Lester swooped in. "She got past her awkward stage is what happened," he said. "Remember your big hair and big glasses? As soon as ninth grade hit, you were transformed, and all of a sudden she had a line of boys wanting to talk to her."

"Oh yes, oh dear, the awkward stage!" She turned to Todd and pressed his arm. "I must show you pictures."

"I can't wait," he said, not as clearly or confidently as I imagined he would be.

"You were still loyal to us though," Lester added. "Just that you got a load of new friends."

"I was more confident in myself and ready to be sociable and branch out a little.
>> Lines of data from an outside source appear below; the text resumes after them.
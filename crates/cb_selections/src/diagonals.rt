//! The diagonal of a block as a column, and a column as the diagonal of a block.
ghost use Rattle.std.specs.Prelude.{◌≡◌, ◌≢◌, ℕ, ◌<◌, ◌≤◌, ◌++◌, length, min, All, AllPairs, IfOk, OnOk};
ghost use Rattle.cb_semirings.specs.Arithmetic.{IsValue};
ghost use Rattle.cb_matrix.specs.Combined.{stored};
ghost use Rattle.cb_matrix.specs.Sparse.{IsMatrix, IsBefore, IsInside};
ghost use Rattle.cb_matrix.specs.Values.{empty_matrix};
ghost use Rattle.cb_dcsc.specs.Columns.{row_value, with_entries};
ghost use Rattle.cb_operations.specs.SelectionAnswers.{diagonal_of, diagonal_matrix};

use crate::shape_of;
use cb_dcsc::Block;
use cb_matrix::Entry;
use cb_semirings::Semiring;
use std::alloc::{AllocError, Global};

/// The main diagonal of a block, as a block of one column with as many rows as the diagonal has places.
///
/// Costs a binary search for each column that has entries.
pub fn diagonal<S: Semiring>(alloc: Global, block: &Block<S>) -> Result<Block<S>, AllocError>
    ensures { IfOk result (λ column. column ≡ diagonal_of S.arithmetic block.now) }
{
    let shape = block.shape();
    let side = shape.rows().min(shape.cols());
    let mut out = Block::empty(alloc, shape_of(side, 1));
    push_diagonal(&mut out, block)?;
    Ok(out)
}

/// The square block with the entries of a column on its main diagonal.
///
/// Costs a few instructions for each entry.
pub fn diagonal_matrix<S: Semiring>(
    alloc: Global,
    column: &Block<S>,
) -> Result<Block<S>, AllocError>
    requires { column.now.shape.cols ≡ 1 }
    ensures { IfOk result (λ square. square ≡ diagonal_matrix S.arithmetic column.now) }
{
    let side = column.shape().rows();
    let mut out = Block::empty(alloc, shape_of(side, side));
    out.reserve(column.len())?;
    push_places(&mut out, column)?;
    Ok(out)
}

/// Stores the diagonal of a block in an empty column.
fn push_diagonal<S: Semiring>(out: &mut Block<S>, block: &Block<S>) -> Result<(), AllocError>
    requires matrix { IsMatrix S.arithmetic block.now }
    requires out_matrix { IsMatrix S.arithmetic out.old }
    requires empty { out.old ≡ empty_matrix (record { rows = min block.now.shape.rows block.now.shape.cols; cols = 1 }) }
    ensures { OnOk result (out.new ≡ diagonal_of S.arithmetic block.now) }
{
    let columns = block.column_numbers();
    for n in 0..columns.len() {
        let (rows, values) = block.nth_column(n);
        let value = value_at::<S>(rows, values, columns[n]);
        push_value(out, columns[n], value)?;
    }
    Ok(())
}

/// Stores a value in a row of a column, below all the others, unless it is zero.
fn push_value<S: Semiring>(out: &mut Block<S>, row: u32, value: u64) -> Result<(), AllocError>
    requires matrix { IsMatrix S.arithmetic out.old }
    requires column { out.old.shape.cols ≡ 1 }
    requires inside { value ≢ S.arithmetic.zero → row < out.old.shape.rows }
    requires after { All (λ e. IsBefore e (record { row = row; column = 0; value = value })) out.old.entries }
    requires value { IsValue S.arithmetic value }
    ensures entries { OnOk result (out.new ≡ with_entries out.old (stored S.arithmetic.zero (record { row = row; column = 0; value = value }))) }
    ensures matrix { OnOk result (IsMatrix S.arithmetic out.new) }
{
    if value != S::zero() {
        out.push(Entry {
            row,
            column: 0,
            value,
        })?;
    }
    Ok(())
}

/// The value at a row of a column, by a binary search.
fn value_at<S: Semiring>(rows: &[u32], values: &[u64], row: u32) -> u64
    requires lengths { length values.now ≡ length rows.now }
    requires order { AllPairs (λ i j. i < j) rows.now }
    ensures { result ≡ row_value S.arithmetic.zero rows.now values.now row }
{
    match rows.binary_search(&row) {
        Ok(n) => values[n],
        Err(_) => S::zero(),
    }
}

/// Stores the entries of a column on the diagonal of an empty square block.
fn push_places<S: Semiring>(out: &mut Block<S>, column: &Block<S>) -> Result<(), AllocError>
    requires matrix { IsMatrix S.arithmetic column.now }
    requires out_matrix { IsMatrix S.arithmetic out.old }
    requires empty { out.old ≡ empty_matrix (record { rows = column.now.shape.rows; cols = column.now.shape.rows }) }
    ensures { OnOk result (out.new ≡ diagonal_matrix S.arithmetic column.now) }
{
    let (rows, values) = column.column(0);
    for n in 0..rows.len() {
        out.push(Entry {
            row: rows[n],
            column: rows[n],
            value: values[n],
        })?;
    }
    Ok(())
}
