//! Selections of GraphBLAS from blocks: entries by their place, values replaced, the diagonal, a part assigned, the Kronecker
//! product, powers and complemented masks. [`selection_of_one`] and [`selection_of_two`] make any [`Selection`](cb_operations::Selection). Beside them rows
//! and columns extracted by their numbers, a block updated under a mask, and products of transposes.
//!
//! Each walks the columns that have entries, in order, so its cost is proportional to the entries, whatever the
//! dimensions. A rule gives an entry its new value: a region of places, or a function of the value and the place. One walk
//! (`replaced` of `cb_elementwise`) applies any rule; where all entries keep their places, or those of a column that stay follow
//! one another (`functions`, `regions`), lists are copied whole.
//!
//! The operations are `GrB_select`, `GrB_apply`, `GrB_Matrix_diag`, `GrB_extract`, `GrB_assign` and `GrB_kronecker` of The
//! GraphBLAS C API Specification, version 2.1, section 4.3, and the write-back under a mask that ends each of them.
#![tactic(auto)]

ghost use Rattle.std.specs.Prelude.{◌≡◌, ℕ, ◌<◌, ◌≤◌, true, IfOk, OnOk};
ghost use Rattle.cb_semirings.specs.Arithmetic.{IsValue};
ghost use Rattle.cb_matrix.specs.Sparse.{IsMatrix};
ghost use Rattle.cb_matrix.specs.Values.{empty_matrix};
ghost use Rattle.cb_operations.specs.Functions.{operand_of};
ghost use Rattle.cb_operations.specs.SelectionAnswers.{selected, applied};
ghost use Rattle.cb_selections.specs.KernelSteps.{is_one_range};

mod assignments;
mod column_places;
mod diagonals;
mod extracts;
mod functions;
mod kronecker_products;
mod powers;
mod regions;
mod selections;
mod sorted_rows;
mod turned_products;
mod updates;

use crate::functions::{depends_on_column, gives_zeros, results};
use crate::regions::{is_one_range, range};
pub use assignments::assign;
use cb_dcsc::Block;
use cb_elementwise::replaced;
use cb_matrix::{LIMIT, Shape};
use cb_operations::{Function, Region};
use cb_semirings::Semiring;
pub use diagonals::{diagonal, diagonal_matrix};
pub use extracts::{extract, extract_between, extract_columns, extract_rows};
pub use kronecker_products::kronecker;
pub use powers::power;
pub use selections::{selection_of_one, selection_of_two};
use std::alloc::{AllocError, Global};
pub use turned_products::multiply_turned;
pub use updates::{WriteBack, update};

/// How many columns are judged before room is taken for the entries in a region.
const JUDGED: usize = 64;

/// The entries of a block that are in a region.
///
/// Costs a binary search for each column that has entries, and a copy of the entries in the region; off a diagonal, a few
/// instructions for each entry. Room is taken for as many as some columns lead to expect, since few entries may be in the region.
pub fn select<S: Semiring>(
    alloc: Global,
    block: &Block<S>,
    region: Region,
) -> Result<Block<S>, AllocError>
    ensures { IfOk result (λ kept. kept ≡ selected S.arithmetic region block.now) }
{
    if !is_one_range(region) {
        return replaced(alloc, block, &region, 0);
    }
    let mut kept = Block::empty(alloc, block.shape());
    kept.reserve(expected_in(block, region))?;
    push_ranges(&mut kept, block, region)?;
    Ok(kept)
}

/// About how many entries of a block are in a region, or some more, judged by columns that are as far apart as one another.
fn expected_in<S: Semiring>(block: &Block<S>, region: Region) -> usize
    requires { is_one_range region ≡ true }
{
    let columns = block.column_numbers();
    let mut entries = 0usize;
    let mut inside = 0usize;
    let mut n = 0usize;
    while n < columns.len() {
        let (rows, _values) = block.nth_column(n);
        let (start, end) = range(region, columns[n], rows);
        entries = entries.saturating_add(rows.len());
        inside = inside.saturating_add(end - start);
        n = n.saturating_add(columns.len() / JUDGED + 1);
    }
    expected(block.len(), inside, entries)
}

/// About how many of these entries are in a part, which has so many of a whole: its share, and an eighth more, so that a little more
/// needs no other memory.
pub(crate) fn expected(entries: usize, part: usize, whole: usize) -> usize {
    let share = entries.saturating_mul(part) / whole.max(1);
    share.saturating_add(share / 8).min(entries)
}

/// Stores the entries in a region in an empty block, where they follow one another in each column.
fn push_ranges<S: Semiring>(
    kept: &mut Block<S>,
    block: &Block<S>,
    region: Region,
) -> Result<(), AllocError>
    requires matrix { IsMatrix S.arithmetic block.now }
    requires kept_matrix { IsMatrix S.arithmetic kept.old }
    requires empty { kept.old ≡ empty_matrix block.now.shape }
    requires one { is_one_range region ≡ true }
    ensures { OnOk result (kept.new ≡ selected S.arithmetic region block.now) }
{
    let columns = block.column_numbers();
    for n in 0..columns.len() {
        let (rows, values) = block.nth_column(n);
        let (start, end) = range(region, columns[n], rows);
        kept.push_column(columns[n], &rows[start..end], &values[start..end])?;
    }
    Ok(())
}

/// The block with a function applied to each entry. Results of zero aren't stored.
///
/// Costs a few instructions for each entry. Unless the function gives numbers of columns, or of rows of which one is the
/// semiring's zero, or a result is zero, the places of the entries are copied whole.
pub fn apply<S: Semiring>(
    alloc: Global,
    block: &Block<S>,
    function: Function,
) -> Result<Block<S>, AllocError>
    requires { (i j : ℕ) → i < block.now.shape.rows → j < block.now.shape.cols → IsValue S.arithmetic (operand_of function i j) }
    ensures { IfOk result (λ made. made ≡ applied S.arithmetic function block.now) }
{
    let gives_zeros = gives_zeros::<S>(function, block.shape());
    if !gives_zeros && !depends_on_column(function) {
        let (rows, values) = (block.row_numbers(), block.values());
        if let Some(made) = results::<S>(alloc, function, rows, values)? {
            return block.with_values(made);
        }
    }
    replaced(alloc, block, &function, block.len())
}

/// The shape with this many rows and columns.
fn shape_of(rows: u32, cols: u32) -> Shape
    requires rows { rows ≤ LIMIT }
    requires cols { cols ≤ LIMIT }
    ensures { result ≡ record { rows = rows; cols = cols } }
{
    Shape::new(rows, cols).unwrap()
}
As were you two." She smirked and tilted her head forward. "You guys made other friends as well."

"Not like you," I said.

"How about that Emma?" she responded as if I hadn't said anything at all.

I thought Lester should surely be offended at that, but instead he asked, "So Todd, what do you do?"

"I'm an event coordinator for the tutoring and creative writing center for kids downtown. And yourself?"

"I'm a graphic designer for a few different companies, mostly freelance."

"Ray?"

"I work at PetSmart right now."

"Cool."

"So how did you two meet?" Lester asked.

I wanted to go use the restroom, but I was polite and pretended to listen while I thought about the similarities between David Lynch and David Cronenberg. I was the first to finish my slice of pie and told them all I had to get home.

Even though I felt like Lester wasn't on my side the entire time, he did let me go without making a big deal out of it.